Source: Blackwell Publishing Journal Backfiles 1879-2005

Topics: Geosciences , Physics

Notes: Bispherical coordinates are used to derive an exact mathematical solution for the potential field generated by direct current electric conduction in an earth model consisting of two spherical inclusions in a uniform whole-space. The solution takes the form of a spherical harmonic expansion in bispherical coordinates; coefficients in the expansion are obtained by solving sets of linear equations. Rapid forward modelling of numerous interesting situations in d.c. resistivity prospecting is facilitated by the generality and computational efficiency inherent to this new solution. For example, the accuracy of image (or superposition) methods for calculating potential solutions can be quantified.

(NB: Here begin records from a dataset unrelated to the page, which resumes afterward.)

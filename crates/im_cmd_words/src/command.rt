/// What the words of a command line ask for. Files are given by the names that the words have.
#[derive(Clone, Copy, PartialEq, Eq, Debug)]
pub enum Command<'a> {
    /// Build the source, and store the image under the second name.
    Build {
        source: &'a str,
        image: &'a str,
        building: BuildOptions,
    },
    /// Build and store, and then run the stored image.
    Run {
        source: &'a str,
        image: &'a str,
        building: BuildOptions,
        options: RunOptions<'a>,
    },
    /// Run an image, from its own first memory or from the memory of the file that is named for it.
    Exec {
        image: &'a str,
        options: RunOptions<'a>,
        resume: Option<&'a str>,
    },
    /// Show what an image holds.
    Dump {
        image: &'a str,
    },
    /// Store the image or the memory of the first name under the second, in version 2.
    Upgrade {
        old: &'a str,
        new: &'a str,
    },
    /// Build the source, and tell what was built.
    Report {
        source: &'a str,
        building: BuildOptions,
    },
    /// Evaluate what the source means, with the frames of the same build.
    Eval {
        source: &'a str,
        building: BuildOptions,
        options: EvalOptions<'a>,
    },
    /// Build a made source of so many functions, 1 to 300, and run its image.
    Gen {
        count: u32,
    },
    /// Tell where and why the source isn't compiled, or nothing.
    Check {
        source: &'a str,
    },
}

/// How a source is built.
#[derive(Clone, Copy, PartialEq, Eq, Debug)]
pub struct BuildOptions {
    /// Bytes of the image's stack, 256 to 1048576.
    pub stack: u32,
    /// Bytes of output that the image has room for, 0 to 1048576.
    pub out_cap: u32,
    /// The longest gap that is asked for, 160 to 1000000 instructions. Where none is, any will do.
    pub max_gap: Option<u32>,
}

/// How a source is evaluated.
#[derive(Clone, Copy, PartialEq, Eq, Debug)]
pub struct EvalOptions<'a> {
    /// The file that the program reads. Where none is named its input is empty.
    pub input: Option<&'a str>,
    /// Units of fuel. A call, a turn of a loop, a byte read and a byte written take one each.
    pub fuel: u32,
    /// Whether the variables are shown at the end.
    pub vars: bool,
}

/// How an image is run.
#[derive(Clone, Copy, PartialEq, Eq, Debug)]
pub struct RunOptions<'a> {
    /// The file that the program reads. Where none is named its input is empty.
    pub input: Option<&'a str>,
    /// The file that tells the periods of power.
    pub trace: Option<&'a str>,
    /// The instructions of the one period that there is without a trace.
    pub steps: u32,
    /// Whether the variables are shown at the end.
    pub vars: bool,
    /// The file that gets the last memory. Where none is named it is stored nowhere.
    pub save: Option<&'a str>,
}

Similarly, the ability of d.c. conduction methods to resolve two distinct bounded bodies in three-dimensional space can be examined by repeatedly calculating the secondary potential or apparent resistivity response of an earth model as a selected parameter is varied. Synthetic mise à la masse, crosshole, or areal potential data sets can be generated for subsequent use in inversion studies. Improvements in solution technique derived here also apply to a simpler model consisting of a single sphere buried in a half-space.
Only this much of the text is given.